By living with peers from a variety of countries and backgrounds, the students develop an understanding and appreciation for diversity, as they strengthen their own identity and re-examine their ideas and beliefs. The students share a two-person or four-person bedroom in a house for 12 to 18 students. Each house includes a spacious living room/lounge area, as well as a small kitchenette and free laundry facilities.

In nearly all cases, the school assign roommates from different countries and backgrounds, giving them the chance to learn about other cultures and perspectives. Additionally, students are all in charge of developing and implementing their own systems for house management. This provides them with an opportunity to develop their leadership, problem-solving and conflict-resolution skills.

While most of the houses are single-gender houses, in 2018, UWC ISAK Japan opened their first blended house, which accommodates 24 students of all genders. Within the blended house, rooms are assigned by self-identified gender, and students have access to gender-neutral toilets and showers, as well as single-sex showers. Each year, students have the option of requesting placement in a single-gender house or the blended house. In addition to the Residential Advisors, students elected by their peers to keep the house operating smoothly and resolve minor issues, the house is overseen by a House Mentor, a faculty member whose role is to support a student in their residential setting.

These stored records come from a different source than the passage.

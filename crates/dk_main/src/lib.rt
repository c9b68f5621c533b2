//! The `main` of programs: the words of the process, real files and streams, and the status at the end.
#![tactic(auto)]

use dk_events::Ended;
use dk_host::{FileInputs, HostSinks};
use dk_io::{Inputs, Sinks};
use std::alloc::Global;
use std::io::{ErrorKind, Write};
use std::process::ExitCode;
use std::rt::{Env, Files};
use std::{env, io};

/// A program, over any inputs and sinks.
pub trait Main {
    /// Does what the words behind the program's name say.
    fn run<I: Inputs, S: Sinks>(
        alloc: Global,
        words: &[String],
        inputs: &mut I,
        sinks: &mut S,
    ) -> Ended;

    /// Tells that the words are refused.
    fn refuse<S: Sinks>(sinks: &mut S) -> Ended;
}

// The words behind the program's name. The error is `InvalidData` where one is not UTF-8, and else memory ran out.
fn words_of<R: Env + AllocGlobal>(rt: &R) -> io::Result<Vec<String>> {
    let mut words = Vec::new(rt.alloc());
    for word in env::args(rt)?.skip(1) {
        words.push(word)?;
    }
    Ok(words)
}

/// Runs the program on the words of the process and real files, with the report and the messages on these writers. Words that are not UTF-8
/// are refused. The status is that of the process.
pub fn run_main<M: Main, R: Files + Env + AllocGlobal, O: Write + Drop, E: Write + Drop>(
    rt: &R,
    output: O,
    errors: E,
) -> ExitCode {
    let mut inputs = FileInputs::new(rt);
    let mut sinks = HostSinks::new(rt, output, errors);
    let ended = match words_of(rt) {
        Ok(words) => M::run(rt.alloc(), words.as_slice(), &mut inputs, &mut sinks),
        Err(error) if error.kind() == ErrorKind::InvalidData => M::refuse(&mut sinks),
        Err(_) => Ended::NoMemory,
    };
    ExitCode::from(sinks.finish(ended.code()))
}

At UWC ISAK Japan, leadership is a practice. Through this practice, the students will learn to: Identify what is most important and needed; Take action in the face of discomfort; Use diversity as a strength; and Support others as they learn to do the same. Through their robust scholarship program, UWC ISAK Japan is bringing together students from different socio-economic backgrounds, imparting them world-class education, thus giving rise to a tribe of future leaders capable of uniting people, nations, and cultures for peace and a sustainable future.

 

Lin Kobayashi Co-Founder and Chair of the Board UWC ISAK Japan

Ms. Kobayashi’s passion for education began when she received a full scholarship from Keidanren to study at a full-boarding international school in Canada. Inspired by that experience, she studied development economics at the University of Tokyo, then joined the United Nations Children’s Fund (UNICEF) in the Philippines, where she offered non-formal education programs to local street children. After witnessing extreme wealth disparity firsthand, Ms. Kobayashi felt a strong need to develop leadership education to bring fundamental, positive changes to the world. In 2008, Ms. Kobayashi returned to Japan to develop the ISAK project, and after six years of hard work, ISAK opened its doors in 2014. In 2017, the school joined UWC, which changed its official name to UWC ISAK Japan. Ms. Kobayashi also serves on the boards of UWC International as well as Asia Pacific Initiative. Having received her International Baccalaureate Diploma in 1993, Ms. Kobayashi graduated from the University of Tokyo with a BA in Development Economics in 1998 and completed an MA in International Education Policy Analysis from Stanford University in 2005.